Start of Dataset content
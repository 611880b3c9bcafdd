// What comes of a result of a turn that runs ahead of the history, or of an actor that begins one.
ghost use Rattle.std.specs.Prelude.{◌≡◌, IfOk, IfSome, None, true};
ghost use Rattle.std.specs.Arc.{arc_value};
ghost use Rattle.std.specs.Option.{IsSome};
ghost use Rattle.lent_pieces.specs.Giving.{HasHalted, IsMovedOn, IsOpenUnit};
ghost use Rattle.lent_pieces.specs.Leading.{GivesLead, GivesLive, GoesAhead, IsSettling};
ghost use Rattle.shared_world.specs.Marks.{AreMarked};
ghost use Rattle.shared_world.specs.Returned.{IsSameMachine};
ghost use Rattle.shared_world.specs.rows.Leading.{is_to_settle};
ghost use Rattle.shared_world.specs.Shared.{kept_machine};
ghost use Rattle.shared_world.specs.Stands.{Stands};
ghost use Rattle.value_core.specs.Named.{named};
ghost use Rattle.world_claim.specs.Lent.{IsMachineOf};
ghost use Rattle.world_steps.specs.Kept.{shared_of};

use crate::giving::{Moved, give_to, moved_on};
use actor_turns::take_ahead;
use ahead_settling::settle_next;
use ahead_steps::{check_definite, go_ahead};
use eval_step::Machine;
use serial_model::Halt;
use shared_world::Given;
use std::alloc::{AllocError, Global};
use unit_table::Work;
use value_core::Name;
use world_steps::Kept;

/// What the piece comes to that was lent for that work, whose machine, as it was lent, was given back, with the halt to which it was
/// evaluated, where it was. For want of memory the history is as it was, and the piece as it was, or ready to settle.
pub(crate) fn give_piece(
    kept: &mut Kept,
    alloc: Global,
    name: &Name,
    work: Work,
    machine: Option<Machine>,
    halt: Option<Halt>,
) -> Result<Given, AllocError>
    requires stands { Stands (shared_of kept.old) }
    requires marks { AreMarked (shared_of kept.old) }
    requires going { kept.old.end ≡ None }
    requires unfinished { IsOpenUnit kept.old.units name.now }
    requires same { IsSameMachine (kept_machine (shared_of kept.old) name.now) machine }
    requires of { IsMachineOf (arc_value kept.old.program) machine }
    requires halts { HasHalted (arc_value kept.old.program) machine halt }
    ensures { GivesLive (shared_of kept.old) name.now work (shared_of kept.new) result }
{
    if kept.runs_ahead(name) {
        return give_lead(kept, alloc, name, work, machine, halt);
    }
    if begins_ahead(kept, name, &machine) {
        lent_goes(machine, halt);
        return take_ahead(kept, alloc, name);
    }
    give_to(kept, alloc, name, machine, halt)
}

/// Whether the piece has no machine, and the first message that waits for it is not settled.
fn begins_ahead(kept: &Kept, name: &Name, machine: &Option<Machine>) -> bool {
    if machine.is_some() {
        return false;
    }
    match kept.mails.front(name) {
        Some(message) => message.depends.is_some(),
        None => false,
    }
}

/// What the turn comes to that runs ahead: where it is definite and was lent to settle, the next that it holds is settled; else it goes on.
fn give_lead(
    kept: &mut Kept,
    alloc: Global,
    name: &Name,
    work: Work,
    machine: Option<Machine>,
    halt: Option<Halt>,
) -> Result<Given, AllocError>
    requires stands { Stands (shared_of kept.old) }
    requires marks { AreMarked (shared_of kept.old) }
    requires going { kept.old.end ≡ None }
    requires unfinished { IsOpenUnit kept.old.units name.now }
    requires leads { IsSome (named name.now (shared_of kept.old).aheads) }
    requires same { IsSameMachine (kept_machine (shared_of kept.old) name.now) machine }
    requires of { IsMachineOf (arc_value kept.old.program) machine }
    requires halts { HasHalted (arc_value kept.old.program) machine halt }
    ensures { GivesLead (shared_of kept.old) name.now work (shared_of kept.new) result }
{
    match settles(kept, name, work) {
        Ok(true) => {
            lent_goes(machine, halt);
            settle_next(kept, alloc, name)
        }
        Ok(false) => go_on(kept, alloc, name, machine, halt),
        Err(error) => {
            lent_goes(machine, halt);
            Err(error)
        }
    }
}

/// Whether the turn is definite and was lent to settle what it holds. One that does not run ahead is taken for want of memory.
fn settles(kept: &Kept, name: &Name, work: Work) -> Result<bool, AllocError>
    ensures { IfOk result (IsSettling (shared_of kept.now) name.now work) }
{
    let definite = check_definite(kept, name)?;
    Ok(definite && is_to_settle(work))
}

/// Whether a piece was lent to settle something.
fn is_to_settle(work: Work) -> bool
    ensures { result ≡ is_to_settle work }
{
    match work {
        Work::Settle => true,
        Work::Eval | Work::Begin => false,
    }
}

/// The turn goes on ahead. One without a machine, of which no run knows, is taken for want of memory.
fn go_on(
    kept: &mut Kept,
    alloc: Global,
    name: &Name,
    machine: Option<Machine>,
    halt: Option<Halt>,
) -> Result<Given, AllocError>
    requires stands { Stands (shared_of kept.old) }
    requires unfinished { IsOpenUnit kept.old.units name.now }
    requires leads { IsSome (named name.now (shared_of kept.old).aheads) }
    requires same { IsSameMachine (kept_machine (shared_of kept.old) name.now) machine }
    requires of { IsMachineOf (arc_value kept.old.program) machine }
    requires halts { HasHalted (arc_value kept.old.program) machine halt }
    ensures { GoesAhead (shared_of kept.old) name.now (shared_of kept.new) result }
{
    match machine {
        Some(machine) => {
            let moved = moved_on(alloc, machine, halt, &kept.program)?;
            go_moved(kept, alloc, name, moved)
        }
        None => {
            drop(halt);
            Err(AllocError)
        }
    }
}

/// The turn whose machine was moved goes on ahead.
fn go_moved(kept: &mut Kept, alloc: Global, name: &Name, moved: Moved) -> Result<Given, AllocError>
    requires stands { Stands (shared_of kept.old) }
    requires unfinished { IsOpenUnit kept.old.units name.now }
    requires leads { IsSome (named name.now (shared_of kept.old).aheads) }
    requires moved { IfSome (kept_machine (shared_of kept.old) name.now) (λ m. IsMovedOn (arc_value kept.old.program) m moved) }
    ensures { GoesAhead (shared_of kept.old) name.now (shared_of kept.new) result }
{
    let Moved { machine, halt } = moved;
    go_ahead(kept, alloc, name, machine, halt)
}

/// Drops what was lent.
fn lent_goes(_machine: Option<Machine>, _halt: Option<Halt>) {}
End of Dataset content
*Problem to work on:*
Using the records, find the number of lines in which the string "AllocError" occurs. Reply with that number alone.

*Solution for this task:*
7